Abstract

Oxylipins are bioactive oxygenated products of long chain (18-22 carbons) polyunsaturated fatty acids. They play an important role in different physiological processes acting as local hormones, so they may be used as biomarkers of these processes. In addition, the pathways and exact biological functions of many members of this family are not clear and need further investigation. To enable such investigations, it is important to have reliable and accurate analytical methods for oxylipin measurements in biospecimens such as blood and tissue.
The analysis of oxylipins in biological matrices is challenging due to their low concentrations and the existence of many oxylipin isomers. So, the first objective of this thesis was to develop a sensitive LC-HRMS method for the quantitative analysis of oxylipins, that provides separation of isomers and works in a scan mode in order to enable comprehensive oxylipin profiling and further investigation of unknown oxylipins in real samples. To achieve this goal, different LC stationary phases were assessed to obtain maximum separation of oxylipin isomers and a C-18 UHPLC column was determined as the best choice for this separation. Also, different mobile phase additives were assessed, and it was found that 0.02% (v/v) acetic acid in mobile phase gives maximum sensitivity by increasing ionization efficiency. After LC optimization, three pairs of oxylipins among 65-standard mixture were still unresolved chromatographically. MS/MS fragmentation of these oxylipins was developed to resolve these three pairs. Thus, the final LC-MS method allows for a measurement of 62 oxylipins and seven deuterated standards in 40 min and with LLOQ 0.1-0.8 ng/ml.
Another challenge for oxylipin analysis in plasma and brain is the complexity of the biological matrix that can affect the sensitivity and accurate quantitation of the method due to possible matrix effects. Thus, the second objective of this thesis was to develop and optimize sample preparation methodology to decrease a possible matrix effect and achieve the best limits of detection in biological matrices. Solid-phase extraction (SPE) was chosen for method development.
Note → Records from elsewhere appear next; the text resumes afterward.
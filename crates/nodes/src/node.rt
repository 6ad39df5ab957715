// The two kinds of node, read from all their bytes. A node passes if its fields and its name or data lie within it and
// their sums are right. Two readers, as each field and both sums stand at other offsets.
ghost use Rattle.std.specs.Prelude.{◌≡◌, length};
ghost use Rattle.nodes.specs.Items.{totlen};
ghost use Rattle.nodes.specs.Passing.{entry_in, content_in, entry_read, content_read};

use crate::bytes::le_u32;
use crate::record::{Content, Entry};

// The entry of which these are the bytes, if it passes.
#[tactic(auto, unfolding(crate::specs::Records::read_entry))]
pub(crate) fn read_entry(node: &[u8]) -> Option<Entry<'_>>
    requires { length node.now ≡ totlen node.now }
    ensures { entry_read result ≡ entry_in node.now }
{
    let behind = node.get(40..)?;
    let name = behind.get(..node[28] as usize)?;
    if le_u32(node, 32) != crc32::sum_of(&node[0..32]) || le_u32(node, 36) != crc32::sum_of(name) {
        return None;
    }
    Some(Entry {
        pino: le_u32(node, 12),
        version: le_u32(node, 16),
        ino: le_u32(node, 20),
        dtype: node[29],
        name,
    })
}

// The content of which these are the bytes, if it passes.
#[tactic(auto, unfolding(crate::specs::Records::read_content))]
pub(crate) fn read_content(node: &[u8]) -> Option<Content<'_>>
    requires { length node.now ≡ totlen node.now }
    ensures { content_read result ≡ content_in node.now }
{
    let behind = node.get(68..)?;
    let payload = behind.get(..le_u32(node, 48) as usize)?;
    if le_u32(node, 60) != crc32::sum_of(payload)
        || le_u32(node, 64) != crc32::sum_of(&node[0..60])
    {
        return None;
    }
    Some(Content {
        ino: le_u32(node, 12),
        version: le_u32(node, 16),
        mode: le_u32(node, 20),
        isize: le_u32(node, 28),
        offset: le_u32(node, 44),
        dsize: le_u32(node, 52),
        compr: node[56],
        payload,
    })
}
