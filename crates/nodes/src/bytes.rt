// Numbers in slices of bytes, the low byte first.
ghost use Rattle.std.specs.Prelude.{◌≡◌, ◌+◌, ◌≤◌, length};
ghost use Rattle.nodes.specs.Fields.{le32};

// The number in the 4 bytes at a place.
#[tactic(auto, unfolding(crate::specs::Fields::le32))]
pub(crate) fn le_u32(s: &[u8], at: usize) -> u32
    requires { at + 4 ≤ length s.now }
    ensures { result ≡ le32 s.now at }
{
    u32::from_le_bytes([s[at], s[at + 1], s[at + 2], s[at + 3]])
}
During development, the following parameters were optimized: SPE sorbent type, elution solvent composition, elution solvent volume and sample treatment before loading. Due to the low abundance of oxylipins in biological matrices sample preparation requires preconcentration step following the extraction. This step was found to be critical for method reproducibility and was systematically optimized to decrease possible losses of analytes during this step. The final developed and optimized sample preparation method in combination with LC-MS was then applied to plasma and brain tissue samples. The average recovery was 70-97% and the matrix effect was 27-105%. High inter-individual variabilities and a wide range (0.26-681 ng/ml) of oxylipin concentrations in human plasma samples were found. Some high concentrations of oxylipins such as 408±35 ng/ml for 9-HETE were reported at first time. To accommodate this wide linear dynamic range, two injections were required, one with dilution for the accurate measurement of high abundance oxylipins and one with pre-concentration factor to enable the measurement of low abundance oxylipins. In general, the developed method allowed to detect 38 oxylipins in pooled plasma and accurately quantitated 25 of them.
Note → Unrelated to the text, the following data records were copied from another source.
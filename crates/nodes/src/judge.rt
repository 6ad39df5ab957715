// Which items a mount refuses: kinds that it has to know and does not, and fields that break a rule.
ghost use Rattle.std.specs.Prelude.{◌≡◌, ◌==◌, if◌then◌else◌, Some, None, nat_eq, nat_le};
ghost use Rattle.flash.specs.declared.refusal.Refusal.TheVariants.{Kind};
ghost use Rattle.nodes.specs.Fields.{all};
ghost use Rattle.nodes.specs.Offences.{either, plain, dots, name_fits, entry_fields, content_fields, entry_offence, content_offence, offence_of, Judged};
ghost use Rattle.nodes.specs.Shown.{entry_shown, content_shown};
ghost use Rattle.nodes.specs.Views.{item_shown};

use crate::item::Item;
use crate::record::{Content, Entry};
use flash::refusal::Refusal;
use kinds::FileKind;

// Whether no byte is 0 or '/'.
fn is_plain(name: &[u8]) -> bool
    ensures { result ≡ plain name.now }
{
    name.iter().all(|b| *b != 0 && *b != b'/')
}

// Whether these are the names that a directory has for itself and for the one above it.
fn is_dots(name: &[u8]) -> bool
    ensures { result ≡ dots name.now }
{
    matches!(name, [b'.'] | [b'.', b'.'])
}

// Whether bytes are a name: 1 to 32 of them, none 0 or '/', and not "." or "..".
pub fn is_name(name: &[u8]) -> bool
    ensures { result ≡ name_fits name.now }
{
    name.len() >= 1 && name.len() <= 32 && is_plain(name) && !is_dots(name)
}

// Whether an entry with this type names something: a file or a directory.
fn is_named(dtype: u8) -> bool
    ensures { result ≡ either (dtype == 8) (dtype == 4) }
{
    dtype == FileKind::File.dtype() || dtype == FileKind::Directory.dtype()
}

// Whether this is the mode of a file or of a directory.
fn is_mode(mode: u32) -> bool
    ensures { result ≡ either (mode == 33188) (mode == 16877) }
{
    mode == FileKind::File.mode() || mode == FileKind::Directory.mode()
}

// Whether the fields of an entry of n bytes are as they have to be.
fn entry_fits(n: usize, e: &Entry<'_>) -> bool
    ensures { result ≡ all (entry_fields n (entry_shown e.now)) }
{
    if n != 40 + e.name.len() || e.pino == 0 || e.version == 0 || !is_name(e.name) {
        return false;
    }
    // a file or a directory has a number, a removal has none
    if e.dtype == 0 {
        e.ino == 0
    } else {
        is_named(e.dtype) && e.ino != 0
    }
}

// Whether the fields of a content of n bytes are as they have to be.
fn content_fits(n: usize, c: &Content<'_>) -> bool
    ensures { result ≡ all (content_fields n (content_shown c.now)) }
{
    if n != 68 + c.payload.len() || c.ino == 0 || c.version == 0 {
        return false;
    }
    if !is_mode(c.mode) || c.payload.len() != data_len(c) || (c.compr != 1 && c.dsize > 512) {
        return false;
    }
    // a file has 65,536 bytes at most, and what is laid in it ends within
    c.isize <= 65536 && (c.dsize == 0 || c.offset as u64 + c.dsize as u64 <= c.isize as u64)
}

// How many bytes of data a content has to have: none for a hole.
fn data_len(c: &Content<'_>) -> usize
    ensures { result ≡ (if nat_eq c.now.compr 1 then 0 else c.now.dsize) }
{
    if c.compr == 1 { 0 } else { c.dsize as usize }
}

// Why a mount refuses an item of a kind that we do not know: the highest bit of the kind says that it has to be known.
fn unknown_offence(kind: u16) -> Option<Refusal>
    ensures { result ≡ (if nat_le 0x8000 kind then Some Kind else None) }
{
    (kind >= 0x8000).then_some(Refusal::Kind)
}

// Why a mount refuses an entry of n bytes, if it does.
#[tactic(auto, unfolding(crate::specs::Offences::entry_offence))]
fn entry_offence(n: usize, e: &Entry<'_>) -> Option<Refusal>
    ensures { result ≡ entry_offence n (entry_shown e.now) }
{
    (!entry_fits(n, e)).then_some(Refusal::Field)
}

// Why a mount refuses a content of n bytes, if it does: its compression has to be known, and its fields have to fit.
#[tactic(auto, unfolding(crate::specs::Offences::content_offence))]
fn content_offence(n: usize, c: &Content<'_>) -> Option<Refusal>
    ensures { result ≡ content_offence n (content_shown c.now) }
{
    if c.compr > 1 {
        return Some(Refusal::Kind);
    }
    (!content_fits(n, c)).then_some(Refusal::Field)
}

impl<'a> Item<'a> {
    // Why a mount refuses the item, if it does.
    #[tactic(auto, using(crate::proofs::Judging::judged))]
    pub fn offence(&self) -> Option<Refusal>
        ensures value { result ≡ offence_of (item_shown self.now) }
        ensures judged { Judged (item_shown self.now) result }
    {
        match self {
            Item::Zero => None,
            Item::Marker { .. } => None,
            Item::Padding { .. } => None,
            Item::Unknown { kind, .. } => unknown_offence(*kind),
            Item::Entry { bytes, entry } => entry_offence(bytes.len(), entry),
            Item::Content { bytes, content } => content_offence(bytes.len(), content),
        }
    }
}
In rat brain tissue samples, the concentration range of oxylipins was narrower than in plasma 0.14-13.1 pg/mg of wet tissue and in general, 43 oxylipins were detected, among which 41 were accurately quantitated. The main issue with post-mortem analysis of oxylipins in brain tissue is the possibility of post-mortem formation of oxylipins, which can result in a 50-500x increase in oxylipin concentrations. Also, in vitro methods for the analysis of oxylipins in brain tissue do not allow multiple measurements to be performed with the same experimental animal over a period of time. This poses a critical limitation during the investigation of biochemical pathways in response to particular stimulus. In vivo solid-phase microextraction (SPME) could help solve these problems. In vivo SPME was performed in moving awake rats (n=15) in collaboration with the Centre for Addiction and Mental Health (CAMH) and the resulting extracts were analysed by LC-MS. Twenty (20) oxylipins were identified using authentic standards. In addition, 32 unknown peaks corresponding to expected oxylipin m/z were detected. Among these, 18 were unique to in vivo SPME while the rest were also detected in post-mortem SPE samples. Six (6) out of 32 unknowns were subsequently identified as oxylipins. Further characterization and identification of other unknowns will be performed in future. To the best of our knowledge, this is the largest oxylipin panel ever detected in vivo from the brain tissue of living animals and provides an important new tool in neuroscience.